28. But what happens when the memory itself loses something, as when we forget anything and try to recall it? Where, finally, do we search, but in the memory itself? And there, if by chance one thing is offered for another, we refuse it until we meet with what we are looking for; and when we do, we recognize that this is it. But we could not do this unless we recognized it, nor could we have recognized it unless we remembered it. Yet we had indeed forgotten it.
Perhaps the whole of it had not slipped out of our memory; but a part was retained by which the other lost part was sought for, because the memory realized that it was not operating as smoothly as usual and was being held up by the crippling of its habitual working; hence, it demanded the restoration of what was lacking.

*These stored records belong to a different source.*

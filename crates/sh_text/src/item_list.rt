//! Lists that grow at their end.
ghost use Rattle.std.specs.Prelude.{◌≡◌, [], ◌∷◌, ◌++◌, is_ok, length, ◌==◌, if◌then◌else◌};

use crate::fault::NoMemory;
use std::alloc::Global;
use std::marker::Model;

/// Items in order, seen as their list.
#[derive(Drop)]
pub struct ItemList<T> {
    items: Vec<T>,
}

impl<T> Model for ItemList<T> {
    ghost use Rattle.std.specs.Prelude.{List};

    ghost Value = { List T };

    ghost view = { λ l. l.items.items };
}

impl<T: Drop> ItemList<T> {
    /// No items. It takes no memory.
    pub(crate) fn new(alloc: Global) -> Self
        ensures { result ≡ [] }
    {
        ItemList {
            items: Vec::new(alloc),
        }
    }

    /// Puts an item behind the others. `NoMemory` is the only error, and leaves the list as it was.
    pub(crate) fn push(&mut self, item: T) -> Result<(), NoMemory>
        ensures { self.new ≡ (if is_ok result then self.old ++ item ∷ [] else self.old) }
    {
        self.items.push(item)?;
        Ok(())
    }

    /// Whether there is no item.
    pub fn is_empty(&self) -> bool
        ensures { result ≡ (length self.now == 0) }
    {
        self.items.is_empty()
    }

    /// The items in order.
    pub fn as_slice(&self) -> &[T]
        ensures { result.now ≡ self.now }
    {
        &self.items
    }
}
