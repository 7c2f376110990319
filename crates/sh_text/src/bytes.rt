//! The bytes of a line that are no part of a word.
ghost use Rattle.std.specs.Prelude.{◌≡◌, ◌≤◌, length};
ghost use Rattle.sh_text.specs.Bytes.{is_blank, ends_word, after_blanks};

/// A blank or a tab.
pub(crate) fn is_blank(byte: u8) -> bool
    ensures { result ≡ is_blank byte }
{
    byte == b' ' || byte == b'\t'
}

/// Whether a bare byte stands behind a word and not in it: a blank, or a mark between words.
pub(crate) fn ends_word(byte: u8) -> bool
    ensures { result ≡ ends_word byte }
{
    is_blank(byte) || byte == b';' || byte == b'&' || byte == b'|' || byte == b'<' || byte == b'>'
}

/// The bytes from the first one on that is no blank.
pub(crate) fn after_blanks(bytes: &[u8]) -> &[u8]
    ensures gives { result.now ≡ after_blanks bytes.now }
    ensures shorter { length result.now ≤ length bytes.now }
{
    let mut rest = bytes;
    while let [byte, after @ ..] = rest {
        if !is_blank(*byte) {
            return rest;
        }
        rest = after;
    }
    rest
}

For example, if we see or think of some man we know, and, having forgotten his name, try to recall it–if some other thing presents itself, we cannot tie it into the effort to remember, because it was not habitually thought of in association with him. It is consequently rejected, until something comes into the mind on which our knowledge can rightly rest as the familiar and sought-for object. And where does this name come back from, save from the memory itself? For even when we recognize it by another’s reminding us of it, still it is from the memory that this comes, for we do not believe it as something new; but when we recall it, we admit that what was said was correct. But if the name had been entirely blotted out of the mind, we should not be able to recollect it even when reminded of it. For we have not entirely forgotten anything if we can remember that we have forgotten it. For a lost notion, one that we have entirely forgotten, we cannot even search for.